Several other domains found in the switchgrass RGHs, have been linked to disease response in other plants. These include calmodulin (Pavir.Hb00190) [70, 71], WD domain (Pavir.J03445) [72, 73], and transposable elements (Pavir.Fb0150) [74, 75]. This highlights the diversity and potential for gene diversification of RGHs encoded by the switchgrass genome.

The switchgrass cultivars ‘Alamo’ and ‘Dacotah’ exhibit significantly different disease responses after exposure to switchgrass rust (Puccinia emaculata). ‘Alamo’ is relatively resistant to the rust pathogen whereas ‘Dacotah’ is highly susceptible [9]. Polymorphisms within RGHs may contribute to the disease resistance phenotype that is observed between ‘Alamo’ and ‘Dacotah’. In our study, we identified 2634 variants between ‘Alamo’ and ‘Dacotah’, including SNPs, MNPs, indels, and replacements. Approximately 89 % of the variants detected were SNPs. The predominance of SNPs could be attributed to the fact that single nucleotide changes in the coding regions of genes are less likely to disrupt the reading frame, which often times results in nonsense mutations. SNPs could also explain the disease response phenotypes of ‘Alamo’ and ‘Dacotah’, as they could alter the amino acid sequence of resistance genes and potentially disrupt gene function. Since these SNPs are associated with defense-related genes, they could be further developed into molecular markers for use in breeding of disease resistance.
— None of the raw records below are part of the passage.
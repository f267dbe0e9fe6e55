// The theorems about the definitions of crate `model`, each on the contract of a function of its own; proofs/ has the proofs.
#![tactic(auto)]

ghost use Rattle.model.specs.Order.{CertifiedIsOne, OneByTheTree};
ghost use Rattle.model.specs.Statements.{StaysCertified, EvictedOnce, SumsAreSums, StoredOnce, ClockAdvances, AddBlumPasses, EvictBlumAdvances, EvictBlumMerkleAdvances, StaysStopped, WrongIsFinal, BytesDetermine, RefusedUnchanged};

// The one-order theorem: after any log, all calls in certified epochs are in one order, or two things in this very log collide.
pub fn certified_is_one()
    ensures { CertifiedIsOne }
{}

// Without sums, nothing needs to be certified: all calls so far are right in the log's own order, or two records or keys in it collide.
pub fn one_by_the_tree()
    ensures { OneByTheTree }
{}

// What is certified stays so, and nothing later is in a certified epoch: no call, no element, no sum.
pub fn stays_certified()
    ensures { StaysCertified }
{}

// No path is evicted by Blum twice at one timestamp by one verifier.
pub fn evicted_once()
    ensures { EvictedOnce }
{}

// The sums are the sums of what was added and evicted.
pub fn sums_are_sums()
    ensures { SumsAreSums }
{}

// A store has each path once.
pub fn stored_once()
    ensures { StoredOnce }
{}

// A clock never goes back.
pub fn clock_advances()
    ensures { ClockAdvances }
{}

// An AddBlum leaves the clock past the timestamp that it names.
pub fn add_blum_passes()
    ensures { AddBlumPasses }
{}

// An EvictBlum leaves the clock, with the path, later than it was.
pub fn evict_blum_advances()
    ensures { EvictBlumAdvances }
{}

// An EvictBlumMerkle leaves the clock, with the path, later than it was.
pub fn evict_blum_merkle_advances()
    ensures { EvictBlumMerkleAdvances }
{}

// A log that was wrong changes nothing any more.
pub fn stays_stopped()
    ensures { StaysStopped }
{}

// A log that was wrong answers nothing but refusals ever after.
pub fn wrong_is_final()
    ensures { WrongIsFinal }
{}

// Records with the same bytes are the same.
pub fn bytes_determine()
    ensures { BytesDetermine }
{}

// What is refused changes nothing.
pub fn refused_unchanged()
    ensures { RefusedUnchanged }
{}
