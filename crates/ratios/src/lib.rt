// a_i and k_i of every stage, rising, and which stages are kept: h_i needs the k_j of the stages before i
// (document 01, "Steps for margins").
#![tactic(auto)]

ghost use Rattle.std.specs.Prelude.{◌≡◌, suc, ◌-◌, ◌≤◌, ◌<◌};
ghost use Rattle.definitions.specs.Numbers.{0·0, sum};
ghost use Rattle.tables.specs.RowMajor.{table};
ghost use Rattle.tables.specs.Vectors.{vector, VectorHolds};
ghost use Rattle.ratios.specs.Ratios.{RatiosBefore, RatiosTested, StageTested};

use tables::{row, vector};

// The sum goes on from start with t_ij over j > i.
fn sum_after(n: usize, i: usize, start: f64, t: &[f64; 1024]) -> f64
    requires { (i < n) × (n ≤ 32) }
    ensures { result ≡ sum start (table t.now i) (suc i) (n - suc i) }
{
    let mut sum = start;
    for j in i + 1..n {
        let x = row::get(i, j, t);
        sum = sum + x;
    }
    sum
}

// Stage i, where the stages before it are done; true if its steps are in range. A finite a_i has every
// addition of h_i in range.
fn stage(
    n: usize,
    i: usize,
    t: &[f64; 1024],
    d: &[f64; 32],
    a: &mut [f64; 32],
    k: &mut [f64; 32],
    kept: &mut [bool; 32],
) -> bool
    requires { (i < n) × (n ≤ 32) × RatiosBefore n (table t.now) (vector d.now) i a.old k.old kept.old }
    ensures { StageTested n (table t.now) (vector d.now) i result a.new k.new kept.new }
{
    let before = rows::dot(i, 0, i, t, k);
    let sum = sum_after(n, i, before.value, t);
    let margin = vector::get(i, d);
    let diagonal = margin + sum;
    let ratio = sum / diagonal;
    vector::put(i, diagonal, a);
    vector::put(i, ratio, k);
    kept[i] = sum != 0.0;
    let finite = rounding::is_finite(diagonal);
    let quotient = rounding::result_in_range(sum, diagonal, ratio);
    before.ok & finite & quotient
}

// Every stage below n; true if all their steps are in range. k is lent as zeros, as the definition's k_j of
// a stage that is not done. Later places of a and of kept are left open.
pub fn fill(
    n: usize,
    t: &[f64; 1024],
    d: &[f64; 32],
    a: &mut [f64; 32],
    k: &mut [f64; 32],
    kept: &mut [bool; 32],
) -> bool
    requires { (n ≤ 32) × VectorHolds k.old (λ _. 0·0) }
    ensures { RatiosTested n (table t.now) (vector d.now) n result a.new k.new kept.new }
{
    let mut ok = true;
    for i in 0..n {
        let step = stage(n, i, t, d, a, k, kept);
        ok = ok & step;
    }
    ok
}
In addition to polymorphisms within the RGHs, differential expression of NB-LRR disease resistance genes may contribute to the different phenotypes observed between the two cultivars. It is believed that R genes are expressed at relatively low levels in unchallenged plant cells in anticipation of pathogen attack [14]. Indeed, we found that 338 RGHs displayed expression evidence in both cultivars in an unchallenged state, supporting the idea that R genes are basally expressed in healthy plant cells [14]. There could be several reasons for the genes that we could not find expression evidence for. First, these genes could be expressed at extremely low levels in healthy plant cells and thus, they escaped detection at the sequencing coverage used in this study. Second, the expression of these genes could be induced upon pathogen detection and they are not basally expressed in healthy plant cells. Finally, some of these genes may be pseudogenes and may not be expressed under any conditions. Further studies are needed to evaluate the expression patterns of the switchgrass RGHs and to determine the exact role, if any, that these genes play in switchgrass disease response.
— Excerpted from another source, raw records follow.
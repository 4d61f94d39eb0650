// Writing: a plan file from a state and lent notes. Rests on plan, state and valid.
#![tactic(auto)]

ghost use Rattle.std.specs.Prelude.{[], ◌∷◌, ◌++◌, ◌≡◌, ◌+◌, ◌*◌, ◌≤◌, length, map};
ghost use Rattle.std.proofs.lemmas.List.Edits.{sets};
ghost use Rattle.refusal.specs.Answer.{told_value};
ghost use Rattle.flow.specs.Plan.{most_size};
ghost use Rattle.flow.specs.Ranges.{FlowOk};
ghost use Rattle.file.specs.Layout.{record_size, trailer_size, most_file};
ghost use Rattle.file.specs.Bytes.{two_bytes};
ghost use Rattle.plan.specs.Written.{record_bytes, plan_bytes};
ghost use Rattle.state.specs.Read.{count_in, plan_in};
ghost use Rattle.state.specs.Outcome.{outcome, over};
ghost use Rattle.state.specs.Writing.{bytes_on, write_on};
ghost use Rattle.writing.specs.Parts.{low_byte, records_in, trailer_from, file_size};

use flow::{Flow, Torus};
use refusal::{Cause, Refusal};
use state::StateWords;

// The most bytes of a file in front of its trailer.
const MOST_BODY: usize = file::MOST_FILE - file::TRAILER_SIZE;

// Writes bytes at a place, by a loop: `copy_from_slice` would need `memmove` from outside the archive.
fn put(target: &mut [u8], at: usize, bytes: &[u8])
    requires { at + length bytes.now ≤ length target.old }
    ensures { target.new ≡ sets target.old at bytes.now }
{
    for (i, &byte) in bytes.iter().enumerate() {
        target[at + i] = byte;
    }
}

// Writes the low byte of each number at a place. A record as an array of bytes is put together in one word first, which takes longer.
fn put_low(target: &mut [u8], at: usize, numbers: [u32; file::RECORD_SIZE])
    requires { at + record_size ≤ length target.old }
    ensures { target.new ≡ sets target.old at (map low_byte numbers) }
{
    for (i, &number) in numbers.iter().enumerate() {
        target[at + i] = (number % 256) as u8;
    }
}

// A number for each byte of a flow's record, which is its low one.
fn record_numbers(f: Flow) -> [u32; file::RECORD_SIZE]
    requires { FlowOk most_size most_size f }
    ensures { map low_byte result ≡ record_bytes f }
{
    [
        f.xs,
        f.ys,
        f.xd,
        f.yd,
        f.period,
        f.period >> 8,
        f.burst,
        f.period >> 16,
    ]
}

// Writes the records of a state's flows from a place on.
fn put_records(state: &StateWords, target: &mut [u8], start: usize)
    requires { start + record_size * count_in state.now ≤ length target.old }
    ensures { target.new ≡ sets target.old start (records_in state.now (count_in state.now)) }
{
    for f in 0..state.flows() {
        let at = start + file::RECORD_SIZE * (f as usize);
        put_low(target, at, record_numbers(state.flow(f)));
    }
}

// F, Sx and Sy.
fn size_bytes(count: u32, torus: Torus) -> [u8; 4]
    ensures { result ≡ two_bytes count ++ (torus.sx ∷ torus.sy ∷ []) }
{
    let c = count.to_le_bytes();
    [c[0], c[1], torus.sx as u8, torus.sy as u8]
}

// Writes the trailer at a place.
fn put_trailer(target: &mut [u8], at: usize, start: u32, count: u32, torus: Torus)
    requires { at + trailer_size ≤ length target.old }
    ensures { target.new ≡ sets target.old at (trailer_from start count torus.sx torus.sy) }
{
    put(target, at, &start.to_le_bytes());
    put(target, at + 4, &size_bytes(count, torus));
    put(target, at + 8, b"HRTP");
}

// Writes the file of a state's plan.
fn put_file(state: &StateWords, notes: &[u8], target: &mut [u8])
    requires { (file_size notes.now state.now ≤ most_file) × (file_size notes.now state.now ≤ length target.old) }
    ensures { target.new ≡ over (plan_bytes notes.now (plan_in state.now)) target.old }
{
    let count = state.flows();
    let start = notes.len();
    let at = start + file::RECORD_SIZE * (count as usize);
    put(target, 0, notes);
    put_records(state, target, start);
    put_trailer(target, at, start as u32, count, state.torus());
}

// Writing from words that form a state.
fn write_accepted(state: &StateWords, notes: &[u8], target: &mut [u8]) -> Result<u32, Refusal>
    ensures { outcome (told_value result) target.new ≡ bytes_on (plan_bytes notes.now (plan_in state.now)) target.old }
{
    let count = state.flows() as usize;
    let start = notes.len();
    if MOST_BODY - file::RECORD_SIZE * count < start {
        return Err(Cause::FileLength.into());
    }
    let size = start + file::RECORD_SIZE * count + file::TRAILER_SIZE;
    if target.len() < size {
        return Err(Cause::TargetShort.into());
    }
    put_file(state, notes, target);
    Ok(size as u32)
}

// Writing: the state's refusals, then 1, then 15; otherwise the file's bytes, and their number. Bytes past it stay.
pub fn write(state: &[u32], notes: &[u8], target: &mut [u8]) -> Result<u32, Refusal>
    ensures { outcome (told_value result) target.new ≡ write_on state.now notes.now target.old }
{
    write_accepted(&valid::read_state(state)?, notes, target)
}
Developmental regulation of specific RGHs could also contribute to disease resistance phenotypes at different stages of plant growth. RNA-sequencing from the flag leaves of field grown cultivar ‘Summer’ provided a unique opportunity to examine switchgrass RGH expression over the course of a growing season [44]. The first group of developmentally regulated RGHs (module 1, Fig. 6a) is of particular interest since these genes are up-regulated at the end of July. The end of July and the beginning of August are optimal times for switchgrass rust infection and thus, these genes may play an important role in immediate defense responses against foliar pathogens like switchgrass rust. Correspondingly, the transcripts for these RGHs decreased over the remaining harvests, supporting the idea that these genes are involved in the earlier stages of disease response. Field-grown switchgrass plants appear to be more susceptible to switchgrass rust as they begin to flower and set seed (data not published). As displayed in modules 5 and 8, 119 of the 755 RGHs (16 % of the genes) exhibited peak gene expression in at least one biological replicate during the last sampling point (9/19). The remaining 84 % of the genes displayed peak gene expression over the first four sampled time points. Since fewer RGHs showed preferential expression during the later stages of the growing season, these results support the likelihood that switchgrass plants may utilize resources towards other processes, such as flowering and nutrient remobilization, rather than disease resistance in the later stages of development.